_The data_:
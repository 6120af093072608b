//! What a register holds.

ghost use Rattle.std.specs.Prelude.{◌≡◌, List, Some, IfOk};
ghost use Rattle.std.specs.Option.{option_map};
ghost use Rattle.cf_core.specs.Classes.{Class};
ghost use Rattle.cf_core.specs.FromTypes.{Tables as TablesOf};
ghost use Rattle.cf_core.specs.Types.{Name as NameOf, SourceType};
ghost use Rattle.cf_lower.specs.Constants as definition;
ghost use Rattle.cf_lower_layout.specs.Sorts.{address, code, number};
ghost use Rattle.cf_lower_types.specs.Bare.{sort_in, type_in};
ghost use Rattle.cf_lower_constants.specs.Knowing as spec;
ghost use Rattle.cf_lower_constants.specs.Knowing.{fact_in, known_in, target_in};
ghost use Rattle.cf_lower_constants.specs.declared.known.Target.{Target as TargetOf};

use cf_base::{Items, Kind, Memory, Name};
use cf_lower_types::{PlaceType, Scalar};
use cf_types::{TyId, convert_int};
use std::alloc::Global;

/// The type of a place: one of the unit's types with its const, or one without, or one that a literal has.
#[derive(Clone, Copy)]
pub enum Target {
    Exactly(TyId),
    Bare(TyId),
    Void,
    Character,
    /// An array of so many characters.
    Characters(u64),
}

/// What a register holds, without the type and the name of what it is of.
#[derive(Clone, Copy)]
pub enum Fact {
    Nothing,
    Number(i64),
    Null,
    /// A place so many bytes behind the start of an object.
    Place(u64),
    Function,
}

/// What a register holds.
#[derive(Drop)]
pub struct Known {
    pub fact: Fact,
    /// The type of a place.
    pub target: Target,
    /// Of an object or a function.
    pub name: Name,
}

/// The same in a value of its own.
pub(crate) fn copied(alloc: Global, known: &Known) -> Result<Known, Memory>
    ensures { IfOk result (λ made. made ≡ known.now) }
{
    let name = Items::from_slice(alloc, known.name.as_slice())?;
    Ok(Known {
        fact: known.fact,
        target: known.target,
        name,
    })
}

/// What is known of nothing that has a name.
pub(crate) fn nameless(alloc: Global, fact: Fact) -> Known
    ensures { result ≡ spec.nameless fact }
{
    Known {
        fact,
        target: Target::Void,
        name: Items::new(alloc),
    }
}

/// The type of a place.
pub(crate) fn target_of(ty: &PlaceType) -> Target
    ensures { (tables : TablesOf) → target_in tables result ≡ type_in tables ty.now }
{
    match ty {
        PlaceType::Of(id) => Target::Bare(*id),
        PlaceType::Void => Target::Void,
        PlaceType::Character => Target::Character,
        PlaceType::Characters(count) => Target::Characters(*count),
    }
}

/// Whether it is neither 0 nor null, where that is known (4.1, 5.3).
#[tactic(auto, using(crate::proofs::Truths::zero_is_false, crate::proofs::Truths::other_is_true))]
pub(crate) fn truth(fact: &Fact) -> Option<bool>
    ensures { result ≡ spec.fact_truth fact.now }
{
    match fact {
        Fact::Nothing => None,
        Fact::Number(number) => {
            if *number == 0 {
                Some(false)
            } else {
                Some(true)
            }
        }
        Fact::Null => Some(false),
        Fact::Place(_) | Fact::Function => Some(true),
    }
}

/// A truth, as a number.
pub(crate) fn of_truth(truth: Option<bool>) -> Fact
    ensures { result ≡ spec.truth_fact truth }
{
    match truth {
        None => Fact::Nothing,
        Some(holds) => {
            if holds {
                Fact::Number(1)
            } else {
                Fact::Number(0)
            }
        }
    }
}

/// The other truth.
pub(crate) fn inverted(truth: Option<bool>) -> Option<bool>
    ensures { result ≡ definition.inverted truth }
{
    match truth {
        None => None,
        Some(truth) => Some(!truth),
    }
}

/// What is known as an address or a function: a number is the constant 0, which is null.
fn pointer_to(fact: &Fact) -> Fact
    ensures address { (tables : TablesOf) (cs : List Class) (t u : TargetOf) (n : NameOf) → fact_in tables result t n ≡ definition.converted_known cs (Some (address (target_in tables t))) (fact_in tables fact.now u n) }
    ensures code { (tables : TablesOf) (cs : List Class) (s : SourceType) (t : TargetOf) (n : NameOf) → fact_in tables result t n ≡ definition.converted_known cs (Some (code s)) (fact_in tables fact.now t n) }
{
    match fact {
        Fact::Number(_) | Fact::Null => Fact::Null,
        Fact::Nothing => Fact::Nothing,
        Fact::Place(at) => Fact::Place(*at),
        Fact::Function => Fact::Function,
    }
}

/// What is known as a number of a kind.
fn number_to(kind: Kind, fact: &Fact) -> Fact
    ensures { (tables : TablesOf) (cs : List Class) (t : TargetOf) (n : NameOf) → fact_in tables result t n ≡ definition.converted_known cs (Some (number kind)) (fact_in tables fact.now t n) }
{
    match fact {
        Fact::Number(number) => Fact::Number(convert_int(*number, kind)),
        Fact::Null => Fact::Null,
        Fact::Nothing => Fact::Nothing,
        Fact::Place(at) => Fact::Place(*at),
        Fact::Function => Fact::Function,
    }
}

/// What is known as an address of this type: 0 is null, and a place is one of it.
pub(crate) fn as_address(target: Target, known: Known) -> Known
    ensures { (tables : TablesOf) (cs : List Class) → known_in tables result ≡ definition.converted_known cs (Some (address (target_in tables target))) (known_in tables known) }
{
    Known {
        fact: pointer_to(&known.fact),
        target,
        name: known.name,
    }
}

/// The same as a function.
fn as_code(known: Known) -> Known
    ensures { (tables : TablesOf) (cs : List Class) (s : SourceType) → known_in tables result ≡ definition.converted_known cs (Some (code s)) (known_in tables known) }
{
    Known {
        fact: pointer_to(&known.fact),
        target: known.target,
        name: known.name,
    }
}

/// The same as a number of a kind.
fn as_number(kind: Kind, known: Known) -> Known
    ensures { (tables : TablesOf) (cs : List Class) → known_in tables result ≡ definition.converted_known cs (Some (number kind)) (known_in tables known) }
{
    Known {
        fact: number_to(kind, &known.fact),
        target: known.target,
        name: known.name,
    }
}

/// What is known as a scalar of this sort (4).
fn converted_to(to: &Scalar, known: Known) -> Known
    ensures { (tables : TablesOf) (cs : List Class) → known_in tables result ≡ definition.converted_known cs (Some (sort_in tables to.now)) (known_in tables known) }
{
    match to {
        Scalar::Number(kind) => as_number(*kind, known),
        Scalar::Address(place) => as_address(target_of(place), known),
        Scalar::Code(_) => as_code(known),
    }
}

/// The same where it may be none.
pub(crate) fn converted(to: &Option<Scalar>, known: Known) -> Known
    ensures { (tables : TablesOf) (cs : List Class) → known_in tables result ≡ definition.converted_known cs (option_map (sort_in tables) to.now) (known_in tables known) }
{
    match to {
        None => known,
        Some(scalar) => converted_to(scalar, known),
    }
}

_Your assignment_: Would you write out the data exactly as it reads?

_Your solution_:
repository 6120af093072608b
//! What a register holds.

ghost use Rattle.std.specs.Prelude.{◌≡◌, List, Some, IfOk};
ghost use Rattle.std.specs.Option.{option_map};
ghost use Rattle.cf_core.specs.Classes.{Class};
ghost use Rattle.cf_core.specs.FromTypes.{Tables as TablesOf};
ghost use Rattle.cf_core.specs.Types.{Name as NameOf, SourceType};
ghost use Rattle.cf_lower.specs.Constants as definition;
ghost use Rattle.cf_lower_layout.specs.Sorts.{address, code, number};
ghost use Rattle.cf_lower_types.specs.Bare.{sort_in, type_in};
ghost use Rattle.cf_lower_constants.specs.Knowing as spec;
ghost use Rattle.cf_lower_constants.specs.Knowing.{fact_in, known_in, target_in};
ghost use Rattle.cf_lower_constants.specs.declared.known.Target.{Target as TargetOf};

use cf_base::{Items, Kind, Memory, Name};
use cf_lower_types::{PlaceType, Scalar};
use cf_types::{TyId, convert_int};
use std::alloc::Global;

/// The type of a place: one of the unit's types with its const, or one without, or one that a literal has.
#[derive(Clone, Copy)]
pub enum Target {
    Exactly(TyId),
    Bare(TyId),
    Void,
    Character,
    /// An array of so many characters.
    Characters(u64),
}

/// What a register holds, without the type and the name of what it is of.
#[derive(Clone, Copy)]
pub enum Fact {
    Nothing,
    Number(i64),
    Null,
    /// A place so many bytes behind the start of an object.
    Place(u64),
    Function,
}

/// What a register holds.
#[derive(Drop)]
pub struct Known {
    pub fact: Fact,
    /// The type of a place.
    pub target: Target,
    /// Of an object or a function.
    pub name: Name,
}

/// The same in a value of its own.
pub(crate) fn copied(alloc: Global, known: &Known) -> Result<Known, Memory>
    ensures { IfOk result (λ made. made ≡ known.now) }
{
    let name = Items::from_slice(alloc, known.name.as_slice())?;
    Ok(Known {
        fact: known.fact,
        target: known.target,
        name,
    })
}

/// What is known of nothing that has a name.
pub(crate) fn nameless(alloc: Global, fact: Fact) -> Known
    ensures { result ≡ spec.nameless fact }
{
    Known {
        fact,
        target: Target::Void,
        name: Items::new(alloc),
    }
}

/// The type of a place.
pub(crate) fn target_of(ty: &PlaceType) -> Target
    ensures { (tables : TablesOf) → target_in tables result ≡ type_in tables ty.now }
{
    match ty {
        PlaceType::Of(id) => Target::Bare(*id),
        PlaceType::Void => Target::Void,
        PlaceType::Character => Target::Character,
        PlaceType::Characters(count) => Target::Characters(*count),
    }
}

/// Whether it is neither 0 nor null, where that is known (4.1, 5.3).
#[tactic(auto, using(crate::proofs::Truths::zero_is_false, crate::proofs::Truths::other_is_true))]
pub(crate) fn truth(fact: &Fact) -> Option<bool>
    ensures { result ≡ spec.fact_truth fact.now }
{
    match fact {
        Fact::Nothing => None,
        Fact::Number(number) => {
            if *number == 0 {
                Some(false)
            } else {
                Some(true)
            }
        }
        Fact::Null => Some(false),
        Fact::Place(_) | Fact::Function => Some(true),
    }
}

/// A truth, as a number.
pub(crate) fn of_truth(truth: Option<bool>) -> Fact
    ensures { result ≡ spec.truth_fact truth }
{
    match truth {
        None => Fact::Nothing,
        Some(holds) => {
            if holds {
                Fact::Number(1)
            } else {
                Fact::Number(0)
            }
        }
    }
}

/// The other truth.
pub(crate) fn inverted(truth: Option<bool>) -> Option<bool>
    ensures { result ≡ definition.inverted truth }
{
    match truth {
        None => None,
        Some(truth) => Some(!truth),
    }
}

/// What is known as an address or a function: a number is the constant 0, which is null.
fn pointer_to(fact: &Fact) -> Fact
    ensures address { (tables : TablesOf) (cs : List Class) (t u : TargetOf) (n : NameOf) → fact_in tables result t n ≡ definition.converted_known cs (Some (address (target_in tables t))) (fact_in tables fact.now u n) }
    ensures code { (tables : TablesOf) (cs : List Class) (s : SourceType) (t : TargetOf) (n : NameOf) → fact_in tables result t n ≡ definition.converted_known cs (Some (code s)) (fact_in tables fact.now t n) }
{
    match fact {
        Fact::Number(_) | Fact::Null => Fact::Null,
        Fact::Nothing => Fact::Nothing,
        Fact::Place(at) => Fact::Place(*at),
        Fact::Function => Fact::Function,
    }
}

/// What is known as a number of a kind.
fn number_to(kind: Kind, fact: &Fact) -> Fact
    ensures { (tables : TablesOf) (cs : List Class) (t : TargetOf) (n : NameOf) → fact_in tables result t n ≡ definition.converted_known cs (Some (number kind)) (fact_in tables fact.now t n) }
{
    match fact {
        Fact::Number(number) => Fact::Number(convert_int(*number, kind)),
        Fact::Null => Fact::Null,
        Fact::Nothing => Fact::Nothing,
        Fact::Place(at) => Fact::Place(*at),
        Fact::Function => Fact::Function,
    }
}

/// What is known as an address of this type: 0 is null, and a place is one of it.
pub(crate) fn as_address(target: Target, known: Known) -> Known
    ensures { (tables : TablesOf) (cs : List Class) → known_in tables result ≡ definition.converted_known cs (Some (address (target_in tables target))) (known_in tables known) }
{
    Known {
        fact: pointer_to(&known.fact),
        target,
        name: known.name,
    }
}

/// The same as a function.
fn as_code(known: Known) -> Known
    ensures { (tables : TablesOf) (cs : List Class) (s : SourceType) → known_in tables result ≡ definition.converted_known cs (Some (code s)) (known_in tables known) }
{
    Known {
        fact: pointer_to(&known.fact),
        target: known.target,
        name: known.name,
    }
}

/// The same as a number of a kind.
fn as_number(kind: Kind, known: Known) -> Known
    ensures { (tables : TablesOf) (cs : List Class) → known_in tables result ≡ definition.converted_known cs (Some (number kind)) (known_in tables known) }
{
    Known {
        fact: number_to(kind, &known.fact),
        target: known.target,
        name: known.name,
    }
}

/// What is known as a scalar of this sort (4).
fn converted_to(to: &Scalar, known: Known) -> Known
    ensures { (tables : TablesOf) (cs : List Class) → known_in tables result ≡ definition.converted_known cs (Some (sort_in tables to.now)) (known_in tables known) }
{
    match to {
        Scalar::Number(kind) => as_number(*kind, known),
        Scalar::Address(place) => as_address(target_of(place), known),
        Scalar::Code(_) => as_code(known),
    }
}

/// The same where it may be none.
pub(crate) fn converted(to: &Option<Scalar>, known: Known) -> Known
    ensures { (tables : TablesOf) (cs : List Class) → known_in tables result ≡ definition.converted_known cs (option_map (sort_in tables) to.now) (known_in tables known) }
{
    match to {
        None => known,
        Some(scalar) => converted_to(scalar, known),
    }
}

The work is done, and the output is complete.